MATERIAL PROVIDED
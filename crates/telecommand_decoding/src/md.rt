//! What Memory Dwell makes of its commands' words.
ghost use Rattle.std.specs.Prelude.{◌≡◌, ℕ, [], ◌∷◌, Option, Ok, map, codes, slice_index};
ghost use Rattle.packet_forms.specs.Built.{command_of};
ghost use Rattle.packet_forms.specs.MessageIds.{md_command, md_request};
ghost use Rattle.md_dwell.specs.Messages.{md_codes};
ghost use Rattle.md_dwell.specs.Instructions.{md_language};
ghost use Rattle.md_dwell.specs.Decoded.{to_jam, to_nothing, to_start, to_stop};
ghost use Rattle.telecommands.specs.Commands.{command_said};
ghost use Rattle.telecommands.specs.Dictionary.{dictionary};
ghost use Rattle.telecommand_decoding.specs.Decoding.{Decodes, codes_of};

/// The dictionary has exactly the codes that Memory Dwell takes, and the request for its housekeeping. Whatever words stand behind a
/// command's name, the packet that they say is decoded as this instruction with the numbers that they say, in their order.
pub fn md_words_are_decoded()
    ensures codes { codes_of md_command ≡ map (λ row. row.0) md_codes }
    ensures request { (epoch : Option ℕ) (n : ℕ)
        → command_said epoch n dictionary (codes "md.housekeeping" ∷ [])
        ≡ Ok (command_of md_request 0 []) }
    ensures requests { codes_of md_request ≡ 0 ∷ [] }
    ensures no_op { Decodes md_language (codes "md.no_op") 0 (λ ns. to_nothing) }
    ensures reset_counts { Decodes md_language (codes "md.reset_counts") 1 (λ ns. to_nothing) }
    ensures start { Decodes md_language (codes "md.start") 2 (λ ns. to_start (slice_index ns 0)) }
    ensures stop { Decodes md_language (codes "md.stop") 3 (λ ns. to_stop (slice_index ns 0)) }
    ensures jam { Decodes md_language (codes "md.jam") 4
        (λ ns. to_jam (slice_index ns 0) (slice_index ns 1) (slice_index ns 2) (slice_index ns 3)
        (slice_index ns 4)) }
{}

WHAT YOU ARE ASKED TO DO
Could you write out, exactly as given, the lines from the one holding "(λ ns. to_stop" through the end of the listing, and nothing else?

EXERCISE ANSWER
    ensures stop { Decodes md_language (codes "md.stop") 3 (λ ns. to_stop (slice_index ns 0)) }
    ensures jam { Decodes md_language (codes "md.jam") 4
        (λ ns. to_jam (slice_index ns 0) (slice_index ns 1) (slice_index ns 2) (slice_index ns 3)
        (slice_index ns 4)) }
{}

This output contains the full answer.